Available data:
────────────────

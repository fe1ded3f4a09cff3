//! A reader and a writer over memory, which can be made to fail.

ghost use Rattle.std.specs.Prelude.{◌≡◌, ◌+◌, ◌-◌, ◌%◌, ◌^◌, ◌<◌, ◌≤◌, ℕ, List, [], Option, Some, length, min, take, drop, option_map, IfOk, IfErr, OnErr};
ghost use Rattle.std.specs.Prelude.{None};
ghost use Rattle.std.specs.Io.KnownBytes.{Appends, Consumes, IsAtEnd};
ghost use Rattle.ft_types.specs.Devices.{IsOneMore};
ghost use Rattle.ft_types.specs.MemoryDevices.{ready_of};

use crate::device::{Sink, Source};
use crate::errors::Failed;
use std::alloc::Global;
use std::marker::Model;
use std::result::Result;

/// A reader of bytes in memory. It fails where it has come to a place that it was given.
///
/// Contracts see the bytes that are left, after how many of them it fails, and how often it has.
pub struct MemorySource {
    bytes: Vec<u8>,
    position: usize,
    fails_at: Option<usize>,
    failures: u64,
}

impl Drop for MemorySource {
    fn drop(self) {
        let MemorySource {
            bytes: _,
            position: _,
            fails_at: _,
            failures: _,
        } = self;
    }
}

impl Model for MemorySource {
    ghost use Rattle.std.specs.Prelude.{◌≤◌, ◌-◌, drop, length, option_map};
    ghost use Rattle.ft_types.specs.MemoryDevices.{MemorySourceView};

    ghost Value = { MemorySourceView };

    ghost view = { λ s. record {
      left = drop s.position s.bytes.items;
      fails_after = option_map (λ place. place - s.position) s.fails_at;
      failures = s.failures;
    } };

    ghost invariant = { λ s. s.position ≤ length s.bytes.items };
}

impl MemorySource {
    /// A reader of all of these bytes.
    pub fn new(bytes: Vec<u8>) -> MemorySource
        ensures { result ≡ record { left = bytes.items; fails_after = None; failures = 0 } }
    {
        MemorySource {
            bytes,
            position: 0,
            fails_at: None,
            failures: 0,
        }
    }

    /// A reader that gives so many of the bytes, and then fails at each read.
    pub fn failing_at(bytes: Vec<u8>, place: usize) -> MemorySource
        ensures { result ≡ record { left = bytes.items; fails_after = Some place; failures = 0 } }
    {
        MemorySource {
            bytes,
            position: 0,
            fails_at: Some(place),
            failures: 0,
        }
    }

    /// How many of the bytes a read may give now.
    fn ready(&self) -> usize
        ensures { result ≡ ready_of self.now.left self.now.fails_after }
    {
        let all = self.bytes.len() - self.position;
        match self.fails_at {
            None => all,
            Some(place) => all.min(place.saturating_sub(self.position)),
        }
    }
}

fn put_front(piece: &mut [u8], front: &[u8])
    requires { length front.now ≤ length piece.old }
    ensures { take (length front.now) piece.new ≡ front.now }
{
    piece[..front.len()].copy_from_slice(front);
}

impl Source for MemorySource {
    ghost left = { λ s. Some s.left };

    ghost failures = { λ s. s.failures };

    fn read(&mut self, piece: &mut [u8]) -> Result<usize, Failed>
        ensures at_most { IfOk result (λ n. n ≤ length piece.new) }
        ensures taken { IfOk result (λ n. Consumes (Some self.old.left) (Some self.new.left) (take n piece.new) × (self.new.failures ≡ self.old.failures)) }
        ensures end { IfOk result (λ n. n ≡ 0 → 0 < length piece.new → IsAtEnd (Some self.new.left)) }
        ensures failed { IfErr result (λ _. (self.new.left ≡ self.old.left) × IsOneMore self.old.failures self.new.failures) }
        // It gives what is ready, as far as the piece goes, and fails only where nothing is.
        ensures ready { IfOk result (λ n. n ≡ min (ready_of self.old.left self.old.fails_after) (length piece.new)) }
        ensures place { IfOk result (λ n. self.new.fails_after ≡ option_map (λ k. k - n) self.old.fails_after) }
        ensures spent { OnErr result (ready_of self.old.left self.old.fails_after ≡ 0) }
    {
        let ready = self.ready();
        if ready == 0 && self.fails_at.is_some() {
            self.failures = self.failures.wrapping_add(1);
            return Err(Failed);
        }
        let count = ready.min(piece.len());
        let from = self.position;
        put_front(piece, &self.bytes[from..from + count]);
        self.position += count;
        Ok(count)
    }
}

/// A writer into memory. It fails once it holds so many bytes as it has room for, or where memory is refused.
///
/// Contracts see what was written, the room, and how often it has failed.
pub struct MemorySink {
    bytes: Vec<u8>,
    room: usize,
    failures: u64,
}

impl Drop for MemorySink {
    fn drop(self) {
        let MemorySink {
            bytes: _,
            room: _,
            failures: _,
        } = self;
    }
}

impl Model for MemorySink {
    ghost use Rattle.ft_types.specs.MemoryDevices.{MemorySinkView};

    ghost Value = { MemorySinkView };

    ghost view = { λ s. record { bytes = s.bytes.items; room = s.room; failures = s.failures } };
}

impl MemorySink {
    /// A writer with this room, in bytes.
    pub fn new(alloc: Global, room: usize) -> MemorySink
        ensures { result ≡ record { bytes = []; room = room; failures = 0 } }
    {
        MemorySink {
            bytes: Vec::new(alloc),
            room,
            failures: 0,
        }
    }

    /// What was written.
    pub fn bytes(&self) -> &[u8]
        ensures { result.now ≡ self.now.bytes }
    {
        self.bytes.as_slice()
    }

    /// What was written.
    pub fn into_bytes(self) -> Vec<u8>
        ensures { result.items ≡ self.bytes }
    {
        let MemorySink {
            bytes,
            room: _,
            failures: _,
        } = self;
        bytes
    }

    fn fail(&mut self) -> Failed
        ensures bytes { self.new ≡ record self.old { failures = self.new.failures } }
        ensures failures { IsOneMore self.old.failures self.new.failures }
    {
        self.failures = self.failures.wrapping_add(1);
        Failed
    }
}

impl Sink for MemorySink {
    ghost bytes = { λ s. Some s.bytes };

    ghost failures = { λ s. s.failures };

    fn write(&mut self, piece: &[u8]) -> Result<usize, Failed>
        ensures at_most { IfOk result (λ n. n ≤ length piece.now) }
        ensures some { 0 < length piece.now → IfOk result (λ n. 0 < n) }
        ensures taken { IfOk result (λ n. Appends (Some self.old.bytes) (Some self.new.bytes) (take n piece.now) × (self.new.failures ≡ self.old.failures)) }
        ensures failed { IfErr result (λ _. (self.new.bytes ≡ self.old.bytes) × IsOneMore self.old.failures self.new.failures) }
        // It takes as much as it has room for.
        ensures fits { IfOk result (λ n. n ≡ min (length piece.now) (self.old.room - length self.old.bytes)) }
        ensures room { self.new.room ≡ self.old.room }
    {
        let count = piece.len().min(self.room.saturating_sub(self.bytes.len()));
        if count == 0 && !piece.is_empty() {
            return Err(self.fail());
        }
        match self.bytes.extend_from_slice(&piece[..count]) {
            Ok(()) => Ok(count),
            Err(_) => Err(self.fail()),
        }
    }
}
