//! What a position is.

use crate::counts::Counts;
use crate::names::Term;

/// Where the walk along a store's chain stops.
#[derive(Clone, Copy, PartialEq, Eq)]
pub struct Position {
    /// The term in which it stops, 0 without a chain.
    pub term: Term,
    /// The counts at which it stops.
    pub counts: Counts,
    /// The last term of the chain, 0 without one.
    pub top: Term,
}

────────────────

How to complete this task:
Please transcribe only the lines in the records above running from the line that has "s. Some s.bytes" through the line that has "use crate::names::Term;", both included, exactly as they appear.

Reply to the task:
    ghost bytes = { λ s. Some s.bytes };

    ghost failures = { λ s. s.failures };

    fn write(&mut self, piece: &[u8]) -> Result<usize, Failed>
        ensures at_most { IfOk result (λ n. n ≤ length piece.now) }
        ensures some { 0 < length piece.now → IfOk result (λ n. 0 < n) }
        ensures taken { IfOk result (λ n. Appends (Some self.old.bytes) (Some self.new.bytes) (take n piece.now) × (self.new.failures ≡ self.old.failures)) }
        ensures failed { IfErr result (λ _. (self.new.bytes ≡ self.old.bytes) × IsOneMore self.old.failures self.new.failures) }
        // It takes as much as it has room for.
        ensures fits { IfOk result (λ n. n ≡ min (length piece.now) (self.old.room - length self.old.bytes)) }
        ensures room { self.new.room ≡ self.old.room }
    {
        let count = piece.len().min(self.room.saturating_sub(self.bytes.len()));
        if count == 0 && !piece.is_empty() {
            return Err(self.fail());
        }
        match self.bytes.extend_from_slice(&piece[..count]) {
            Ok(()) => Ok(count),
            Err(_) => Err(self.fail()),
        }
    }
}
//! What a position is.

use crate::counts::Counts;
use crate::names::Term;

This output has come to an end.